Interfax: Russia did not violate intl law by banning homosexuality propaganda among minors – children’s ombudsman

Kremlin and St. Basil's

MOSCOW. Nov 14 (Interfax) – Russia did not violate international law by imposing a ban on propaganda of homosexual relations among minors, Russian presidential children’s rights envoy Pavel Astakhov says.

“Propaganda of homosexuality among children violates commonly accepted principles and norms of international law,” the envoy’s press service quoted him as saying at the international parliamentary forum on ‘Constitution. Democracy. Parliamentarianism’ on Thursday.

“An adults’ right to the inviolability of their private lives and to freedom of speech and artistic expression should not be turned into the right to deprave children, violate their sexual integrity, and cause harm to their health and their moral and mental development,” he said.

The classical Roman law stipulated that marriage is a union of a man and a woman, he said.

“The Roman Republic, which knew quite a variety of forms of relationships and unions, withstood the temptation and persuasions to institute same-sex relationships in the family law system. The Roman classics realized the danger of misinterpreting the legal nature of the family concept,” Astakhov said.

Such misinterpretation could in time lead to the destruction of moral pillars and the need to amend the inheritance law, he said.

“You are already forced to abolish the concepts of mother and father,” Astakhov said addressing the forum guests. “Then you will have to deal with grandmothers, grandfathers, sisters, brothers, uncles, and aunts. Such centuries-long fundamental notions as mother and father will vanish through nearsightedness and elementary legal ignorance of those who adopt such laws,” he said.
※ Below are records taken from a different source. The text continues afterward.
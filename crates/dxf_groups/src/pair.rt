//! Pairs of a group code and a value.
//!
//! A pair carries beside its line number that this is at most 134,217,728, so that the line of its
//! value can be told.

ghost use Rattle.std.specs.Prelude.{◌≤◌};

use crate::span::Span;

/// A pair of a text: its group code, where its value stands in the text, and the number of the
/// line of its code, from 1.
#[derive(Clone, Copy, Debug, PartialEq, Eq)]
pub struct Pair {
    pub code: i32,
    pub value: Span,
    pub line: u32,
    ghost counted: { line ≤ 134217728 },
}
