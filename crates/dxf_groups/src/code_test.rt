//! Which pairs a reader gives.

/// A question about group codes: those that are wanted.
pub trait CodeTest {
    ghost use Rattle.std.specs.Prelude.{◌≡◌, ℤ, Bool};

    /// Whether a code is wanted.
    ghost wanted: { Self → ℤ → Bool };

    /// Whether the code is wanted.
    fn wants(&self, code: i32) -> bool
        ensures { result ≡ wanted self.now code };
}
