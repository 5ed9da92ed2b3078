//! Group codes.

ghost use Rattle.std.specs.Prelude.{◌≡◌, ◌&&◌, ◌+◌, ◌-◌, ◌*◌, ◌==◌, [], ◌∷◌, Some, None, IfSome, false, cond};
ghost use Rattle.std.specs.Char.{is_ascii_digit};
ghost use Rattle.std.specs.Str.Parse.{digits_value};
ghost use Rattle.dxf_groups.specs.Codes.{are_few_digits, group_code_of};
ghost use Rattle.dxf_groups.specs.TextLines.{content_of, is_feed};

/// The code of a comment.
pub const COMMENT: i32 = 999;

/// The number that four decimal digits write. None where one of the bytes is none.
fn number_of(a: u8, b: u8, c: u8, d: u8) -> Option<u16>
    ensures { result
        ≡ cond (is_ascii_digit a && (is_ascii_digit b && (is_ascii_digit c && is_ascii_digit d)))
        (Some ((((a - 48) * 10 + (b - 48)) * 10 + (c - 48)) * 10 + (d - 48))) None }
{
    let are_digits = a.is_ascii_digit()
        && b.is_ascii_digit()
        && c.is_ascii_digit()
        && d.is_ascii_digit();
    if !are_digits {
        return None;
    }
    let hundreds = u16::from(a - b'0') * 10 + u16::from(b - b'0');
    Some(hundreds * 100 + u16::from(c - b'0') * 10 + u16::from(d - b'0'))
}

/// The byte, or a zero in place of a space behind a space.
fn digit_behind(before: u8, byte: u8) -> u8
    ensures { result ≡ cond (before == 32 && byte == 32) 48 byte }
{
    if before == b' ' && byte == b' ' {
        b'0'
    } else {
        byte
    }
}

/// The group code on a line of three columns, which is how most writers set it: digits up to the
/// last column, with spaces before them. None where the bytes are anything else.
#[inline(always)]
pub fn code_in_columns(a: u8, b: u8, c: u8) -> Option<i32>
    ensures code { IfSome result (λ code. group_code_of (content_of (a ∷ b ∷ c ∷ []))
        ≡ Some code) }
    ensures line { IfSome result (λ _. (is_feed a ≡ false) × (is_feed b ≡ false)
        × (is_feed c ≡ false) × ((c == 13) ≡ false)) }
{
    let number = number_of(b'0', digit_behind(b' ', a), digit_behind(a, b), c)?;
    Some(i32::from(number))
}

/// The number that one to four decimal digits write. None where the bytes are anything else.
fn few_digits(digits: &[u8]) -> Option<u16>
    ensures { result
        ≡ cond (are_few_digits digits.now) (Some (digits_value 10 digits.now)) None }
{
    match *digits {
        [d] => number_of(b'0', b'0', b'0', d),
        [c, d] => number_of(b'0', b'0', c, d),
        [b, c, d] => number_of(b'0', b, c, d),
        [a, b, c, d] => number_of(a, b, c, d),
        _ => None,
    }
}

/// The group code that the bytes spell: a minus sign or none, and one to four decimal digits. None
/// where they are anything else.
#[inline(always)]
pub fn group_code(text: &[u8]) -> Option<i32>
    ensures { result ≡ group_code_of text.now }
{
    let (negative, digits) = match text {
        [b'-', digits @ ..] => (true, digits),
        _ => (false, text),
    };
    let number = i32::from(few_digits(digits)?);
    Some(if negative { -number } else { number })
}
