//! The pairs of a DXF text, and the numerals in them.
#![tactic(auto)]

mod code_test;
mod codes;
mod groups;
mod laws;
mod numerals;
mod pair;
mod pairs;
mod span;
mod text_lines;

pub use code_test::CodeTest;
pub use groups::Groups;
pub use laws::{
    lines_behind_lines, numerals_are_spelled_so, small_decimals, small_numerals, small_rests,
    small_texts,
};
pub use numerals::{NumeralFault, scaled, whole};
pub use pair::Pair;
pub use span::Span;
pub use text_lines::feed_place;
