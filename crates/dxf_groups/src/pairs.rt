//! The pairs of a text.

ghost use Rattle.std.specs.Prelude.{◌≡◌, ◌<◌, ℤ, Bool, Some, Err, false, length, IfOk, IfSome, MatchResult};
ghost use Rattle.dxf_groups.specs.Codes.{is_comment, is_end};
ghost use Rattle.dxf_groups.specs.Groups.{is_given, wanted_on};
ghost use Rattle.dxf_groups.specs.LinePlaces.{IsCodeLineAt};
ghost use Rattle.dxf_groups.specs.Pairs.{ended};
ghost use Rattle.dxf_groups.specs.ReadPairs.{IsCodeAt, IsPlaceIn, IsReadFrom, IsReading, pairs_at};
ghost use Rattle.dxf_groups.specs.Spans.{IsSpanIn, span_of};

use crate::code_test::CodeTest;
use crate::codes::{COMMENT, code_in_columns, group_code};
use crate::pair::Pair;
use crate::text_lines::{near_line_at, next_line_at, text_line_at};
use solid_model::Fault;

/// A pair, and where the next one begins in the text.
#[derive(Clone, Copy)]
pub struct ReadPair {
    pub pair: Pair,
    pub after: usize,
}

/// Where a pair begins in the text, and the number of its line.
#[derive(Clone, Copy)]
struct PairPlace {
    start: usize,
    line: u32,
}

/// The group code of a pair, and where the line of its value begins.
#[derive(Clone, Copy)]
pub struct CodePlace {
    pub code: i32,
    pub after: usize,
}

/// The group code of a line, where that is one, and where the next line begins.
#[derive(Clone, Copy)]
pub struct CodeLine {
    pub code: Option<i32>,
    pub after: usize,
}

/// The line that begins at `start`, where it is three columns and its line feed.
#[inline(always)]
fn columns_line_at(text: &[u8], start: usize) -> Option<CodeLine>
    requires { start < length text.now }
    ensures { IfSome result (IsCodeLineAt text.now start) }
{
    let line = &text[start..];
    if line.len() < 4 {
        return None;
    }
    if line[3] != b'\n' {
        return None;
    }
    let code = code_in_columns(line[0], line[1], line[2])?;
    Some(CodeLine {
        code: Some(code),
        after: start + 4,
    })
}

/// The same where a carriage return stands between the columns and the line feed.
fn returned_line_at(text: &[u8], start: usize) -> Option<CodeLine>
    requires { start < length text.now }
    ensures { IfSome result (IsCodeLineAt text.now start) }
{
    let line = &text[start..];
    if line.len() < 5 {
        return None;
    }
    if line[3] != b'\r' {
        return None;
    }
    if line[4] != b'\n' {
        return None;
    }
    let code = code_in_columns(line[0], line[1], line[2])?;
    Some(CodeLine {
        code: Some(code),
        after: start + 5,
    })
}

/// The line that begins at `start`, whatever it is, quicker where it is three columns and a carriage
/// return. It is a call of its own, so that it costs nothing where there are none.
#[inline(never)]
fn other_code_line(text: &[u8], start: usize) -> CodeLine
    requires { start < length text.now }
    ensures { IsCodeLineAt text.now start result }
{
    if let Some(line) = returned_line_at(text, start) {
        return line;
    }
    let line = text_line_at(text, start);
    CodeLine {
        code: group_code(&text[line.content.start..line.content.end]),
        after: line.after,
    }
}

/// The line that begins at `start`, with its group code.
#[inline(always)]
fn code_line_at(text: &[u8], start: usize) -> CodeLine
    requires { start < length text.now }
    ensures { IsCodeLineAt text.now start result }
{
    match columns_line_at(text, start) {
        Some(line) => line,
        None => other_code_line(text, start),
    }
}

/// The group code of the pair that begins at `start`, with line `line`. `NoEof` comes at the end
/// of the text, `BadCode` where the line is no group code, and `NoValue` where no line follows it.
#[inline(always)]
fn code_at(text: &[u8], start: usize, line: u32) -> Result<CodePlace, Fault>
    requires { IsPlaceIn text.now start line }
    ensures { MatchResult result (IsCodeAt text.now start)
        (λ fault. pairs_at text.now start line ≡ ended (Err fault)) }
{
    if start == text.len() {
        return Err(Fault::NoEof { line });
    }
    let code_line = code_line_at(text, start);
    let Some(code) = code_line.code else {
        return Err(Fault::BadCode { line });
    };
    if code_line.after == text.len() {
        return Err(Fault::NoValue { line });
    }
    Ok(CodePlace {
        code,
        after: code_line.after,
    })
}

/// The pair that begins at `start`, with line `line` and this code.
#[inline(always)]
fn pair_at(text: &[u8], start: usize, line: u32, read: CodePlace) -> ReadPair
    requires place { IsPlaceIn text.now start line }
    requires code { IsCodeAt text.now start read }
    ensures read { IsReadFrom text.now (pairs_at text.now start line) result }
    ensures code { result.pair.code ≡ read.code }
{
    let value_line = near_line_at(text, read.after);
    ReadPair {
        pair: Pair {
            code: read.code,
            value: value_line.content,
            line,
        },
        after: value_line.after,
    }
}

/// Where the next pair begins behind the one that begins at `start`, with line `line` and this
/// code. What counts of its value isn't found.
#[inline(always)]
fn place_behind(text: &[u8], start: usize, line: u32, read: CodePlace) -> PairPlace
    requires place { IsPlaceIn text.now start line }
    requires code { IsCodeAt text.now start read }
    ensures place { IsPlaceIn text.now result.start result.line }
    ensures goes_on { start < result.start }
    ensures passed { (wanted : ℤ → Bool) → is_given wanted read.code ≡ false
        → wanted_on wanted (pairs_at text.now start line)
        ≡ wanted_on wanted (pairs_at text.now result.start result.line) }
{
    PairPlace {
        start: next_line_at(text, read.after),
        line: line + 2,
    }
}

/// Whether a reader gives a pair with this code: it is no comment's, and 0 or wanted.
#[inline(always)]
fn is_given<T: CodeTest>(test: &T, code: i32) -> bool
    ensures { result ≡ is_given (T.wanted test.now) code }
{
    code != COMMENT && (code == 0 || test.wants(code))
}

/// The first pair from `start` on that is no comment and has code 0 or one that is wanted; the line
/// there is line `line`. The faults are those of `code_at`.
#[inline(always)]
pub fn pair_from<T: CodeTest>(
    text: &[u8],
    start: usize,
    line: u32,
    test: &T,
) -> Result<ReadPair, Fault>
    requires { IsPlaceIn text.now start line }
    ensures read { IsReading text.now
        (wanted_on (T.wanted test.now) (pairs_at text.now start line)) result }
    ensures kept { IfOk result (λ read. is_comment read.pair.code ≡ false) }
{
    let mut place = PairPlace { start, line };
    loop {
        let read = code_at(text, place.start, place.line)?;
        if is_given(test, read.code) {
            return Ok(pair_at(text, place.start, place.line, read));
        }
        place = place_behind(text, place.start, place.line, read);
    }
}

/// Whether the pair ends the text.
pub fn is_end(text: &[u8], pair: &Pair) -> bool
    requires { IsSpanIn text.now pair.now.value }
    ensures { result ≡ is_end pair.now.code (span_of text.now pair.now.value) }
{
    pair.code == 0 && text[pair.value.start..pair.value.end].eq_ignore_ascii_case(b"EOF")
}
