/// Parses an operand (dialect of ECMA-262, ClassSetOperand).
#[cycle(class_set)]
fn parse_operand(cursor: &mut Cursor, around: &OperandContext) -> Result<Operand, Fault>
    ensures value { ParsesAs IsOperand (source cursor.new) result
        (operand_at (table_of around.now.tables.now) around.now.parameters.now (inner_of around.now) around.now.negated (source cursor.old)) }
    ensures kind { FailsByDepthOnlyIf result (around.now.nesting < length (source cursor.old)) }
{
    if cursor.rest.is_empty() {
        return Err(cursor.reject(FaultKind::EmptyOperand));
    }
    let begin = cursor.rest.len();
    if cursor.try_consume('[') {
        let class = parse_class_set(
            cursor,
            around.tables,
            around.parameters,
            around.nesting,
            begin,
        )?;
        return Ok(Operand::Class(class.into_nested()?));
    }
    if cursor.try_consume('\\') {
        return read_escaped_operand(cursor, around, begin);
    }
    let character = parse_set_character(cursor, around.parameters)?;
    Ok(Operand::Character(character))
}
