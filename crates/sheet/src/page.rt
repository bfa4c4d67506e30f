// A page: row one, and a row for each of 40 places.
ghost use Rattle.std.specs.Prelude.{◌≡◌, ◌+◌, ◌≤◌, length, slice_get};
ghost use Rattle.base.specs.BigEndian.{overwrite};
ghost use Rattle.lent_samples.specs.Samples.{samples_of};
ghost use Rattle.sheet.specs.Page.{page_length, page_text, place_text};

use crate::row::{blank, head, sample_row};
use crate::row_text::{ROW_LEN, RowText};
use airframe::{BoardMap, Magnets};
use lent_samples::{SAMPLE_LEN, read_sample};

// As many samples as a page has.
pub const PAGE_SAMPLES: usize = 40;

// As many characters as a page has: 41 rows of 53 and an LF.
pub const PAGE_LEN: usize = 2214;

// Writes the page of the first samples from the place `at` on.
pub(crate) fn put_page(
    number: u64,
    samples: &[[u8; SAMPLE_LEN]],
    map: BoardMap,
    magnets: Magnets,
    out: &mut [u8],
    at: usize,
)
    requires { at + page_length ≤ length out.old }
    ensures out_after { out.new ≡ overwrite at (page_text number map magnets (samples_of samples.now)) out.old }
    ensures long { length (page_text number map magnets (samples_of samples.now)) ≡ page_length }
{
    put(head(number).as_slice(), out, at);
    for place in 0..PAGE_SAMPLES {
        let row = place_row(samples, place, map, magnets);
        put(row.as_slice(), out, at + (place + 1) * ROW_LEN);
    }
}

// The row at a place: its sample's, or a blank one.
fn place_row(samples: &[[u8; SAMPLE_LEN]], place: usize, map: BoardMap, magnets: Magnets) -> RowText
    ensures text { result ≡ place_text map magnets (slice_get (samples_of samples.now) place) }
    ensures long { length result ≡ 54 }
{
    match samples.get(place) {
        Some(sample) => sample_row(map, magnets, read_sample(sample)),
        None => blank(),
    }
}

// Writes a text from the place `at` on.
#[tactic(auto, unfolding(base::specs::BigEndian::overwrite))]
fn put(text: &[u8], out: &mut [u8], at: usize)
    requires { at + length text.now ≤ length out.old }
    ensures { out.new ≡ overwrite at text.now out.old }
{
    out[at..at + text.len()].copy_from_slice(text);
}
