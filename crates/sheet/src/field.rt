// The fields of a row: numbers at their right end, blanks before them.
ghost use Rattle.std.specs.Prelude.{◌≡◌, ◌+◌, ◌<◌, ◌^◌, decimal};
ghost use Rattle.sheet.specs.Field.{right, volts};

pub(crate) const BLANK: u8 = b' ';

// A number at the right end of W characters.
pub(crate) fn right<const W: usize>(number: u64) -> [u8; W]
    requires { (0 < W) × (number < 10 ^ W) }
    ensures { result ≡ right W (decimal number) }
{
    let mut field = [BLANK; W];
    let mut at = W - 1;
    field[at] = digit(number % 10);
    let mut rest = number / 10;
    while 0 < rest {
        at -= 1;
        field[at] = digit(rest % 10);
        rest /= 10;
    }
    field
}

// A voltage with two decimals, at the right end of six characters.
pub(crate) fn volts(voltage_cv: u16) -> [u8; 6]
    ensures { result ≡ right 6 (volts voltage_cv) }
{
    let cv = u64::from(voltage_cv);
    let [a, b, c] = right::<3>(cv / 100);
    [a, b, c, b'.', digit(cv / 10 % 10), digit(cv % 10)]
}

// The character of a decimal digit.
fn digit(value: u64) -> u8
    requires { value < 10 }
    ensures { result ≡ 48 + value }
{
    b'0' + value as u8
}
“On what grounds are you negating the entire historical experience, thousands of years of human traditions, and fundamentals of law for the sake of an artificial and unviable construction of an infertile pseudo-family?” Astakhov said at the forum.

The Russian law “has never recognized and will not recognize such relations as family ones,” he said.

“We cherish our history and our traditional spiritual and family values, but at the same time our law and state do not persecute and are not going to persecute those who choose other forms of relationships,” he said.